Re: GB18030 mapping

From: Christopher Fynn (
Date: Sat Jan 08 2005 - 11:26:02 CST

  • Next message: Antoine Leca: "Re: ISO 10646 compliance and EU law"

    Andrew C. West wrote:

    > Personally, I think that that is precicely not what a GB18030-supporting Unicode
    > application would want to do. The whole point of China defining a large set of
    > precomposed Tibetan characters is to enable the display of Tibetan text using
    > simple font and rendering technology (i.e. not resorting to OpenType etc.). Any
    > font created to display BrdaRten characters would have precomposed Tibetan
    > glyphs mapped to the PUA (F300..F8FF for Set A, somewhere in Plane 16 for Set B
    > which I think is not yet fully defined) and basic Tibetan glyphs mapped to the
    > 0F00..0FFF (excluding the vowels and subjoined consonants which are not used in
    > the BrdaRten model).
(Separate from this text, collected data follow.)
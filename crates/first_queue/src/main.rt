//! A queue of jobs, one that is pushed, and the same one popped.
#![tactic(auto)]

ghost use Rattle.std.specs.List.{All};

use carriers::{Carrier, ItemOf};
use node_arena::Role;
use picked::ValueQueue;
use std::io;

#[derive(Debug, Drop)]
struct Job {
    id: u32,
    pages: u32,
}

fn main(rt: HostRuntime) -> io::Result<()> {
    match ValueQueue::new(rt.alloc(), 1024, &[Role::Giver, Role::Taker]) {
        Ok((queue, seats)) => println!(rt; "{:?}", pass(&queue, seats)),
        Err(_) => println!(rt; "no memory"),
    }
}

// Pushes by the last seat but one, pops by the last.
fn pass<Q: Carrier<Item = Job>>(queue: &Q, mut seats: Vec<Q::Seat>) -> Option<ItemOf<Job>>
    requires { All (Q.is_seat queue.now) seats.items }
{
    let mut taker = seats.pop()?;
    let mut giver = seats.pop()?;
    if queue.may_push(&giver) && queue.may_pop(&taker) {
        queue.try_push(&mut giver, Job { id: 7, pages: 3 }, 2).ok()?;
        return queue.try_pop(&mut taker, 2).ok()?;
    }
    None
}
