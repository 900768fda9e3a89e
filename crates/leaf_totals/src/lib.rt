// The record of leaf totals, and the refusals of a profile, with the paper's numbers and values.
#![tactic(auto)]

ghost use Rattle.std.specs.Prelude.{◌≡◌};
ghost use Rattle.leaf_totals.specs.declared.AddRefusal.TheVariants.{BadLine as AddBadLine, Damaged as AddDamaged};
ghost use Rattle.leaf_totals.specs.Record.{most_profiles, totals_in, empty_totals};
ghost use Rattle.leaf_totals.specs.Totalled.{refusal_number, refusal_value};

use answers::Damaged;
use book::Book;
use lines::BadLine;
use numbered::Numbered;
use shares::{LIMIT, PLACES};

// The most profiles of a record.
pub const PROFILES: usize = 1024;

// The totals of 256 families and of unnamed, and how many profiles they are of.
#[derive(Clone, Copy)]
pub struct LeafTotals {
    pub totals: [u64; Book::RULES],
    pub unnamed: u64,
    pub profiles: usize,
}

impl LeafTotals {
    // Nothing counted.
    pub fn empty() -> LeafTotals
        ensures is_empty { result ≡ empty_totals }
        ensures profiles { PROFILES ≡ most_profiles }
    {
        LeafTotals {
            totals: [0; Book::RULES],
            unnamed: 0,
            profiles: 0,
        }
    }
}

// Why a profile is refused.
#[derive(Clone, Copy)]
pub enum AddRefusal {
    Full,
    TooLong,
    BadRows { rows: usize },
    BadLine { at: usize },
    Damaged { at: usize },
    Past,
}

impl From<BadLine> for AddRefusal {
    ghost from_gives = { λ l r. r ≡ AddBadLine l.at };

    fn from(line: BadLine) -> AddRefusal {
        AddRefusal::BadLine { at: line.at }
    }
}

impl From<Damaged> for AddRefusal {
    ghost from_gives = { λ d r. r ≡ AddDamaged d.at };

    fn from(damage: Damaged) -> AddRefusal {
        AddRefusal::Damaged { at: damage.at }
    }
}

impl Numbered for AddRefusal {
    ghost number_is = { refusal_number };

    ghost value_is = { refusal_value };

    fn number(&self) -> usize {
        match self {
            AddRefusal::Full => 21,
            AddRefusal::TooLong => 11,
            AddRefusal::BadRows { rows: _ } => 12,
            AddRefusal::BadLine { at: _ } => 15,
            AddRefusal::Damaged { at: _ } => 13,
            AddRefusal::Past => 20,
        }
    }

    fn value(&self) -> u64 {
        match self {
            AddRefusal::Full => PROFILES as u64,
            AddRefusal::TooLong => Book::TEXT as u64,
            AddRefusal::BadRows { rows } => *rows as u64,
            AddRefusal::BadLine { at } => *at as u64,
            AddRefusal::Damaged { at } => *at as u64,
            AddRefusal::Past => LIMIT,
        }
    }
}

// All totals of a record, unnamed last.
pub fn totals_of(old: LeafTotals) -> [u64; PLACES]
    ensures { result ≡ totals_in old }
{
    let mut all: [u64; PLACES] = [0; PLACES];
    all[..Book::RULES].copy_from_slice(&old.totals);
    all[Book::RULES] = old.unnamed;
    all
}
If an application opens a GB18030 document containing
    > BrdaRtren text and then automatically converts it to decomposed Tibetan, then
    > the document will be unreadable to the user with only a BrdaRten font. Therefore
    > the BrdaRten text must be kept as PUA characters in order to be displayed with a
    > BrdaRten font, and you would only want to convert them to decomposed Tibetan if
    > the user specifically requests it.

    However fonts can be built which support *both*:- you can make a font
    with all the pre-composed glyphs mapped to the PUA and GB18030 code
    points *and* lookup tables that can map sequences of Unicode characters
    to the precomposed Tibetan glyphs. Since font developers naturally want
    their fonts to work on the widest range of systems possible it seems
    likely that some developers of Tibetan fonts will do this.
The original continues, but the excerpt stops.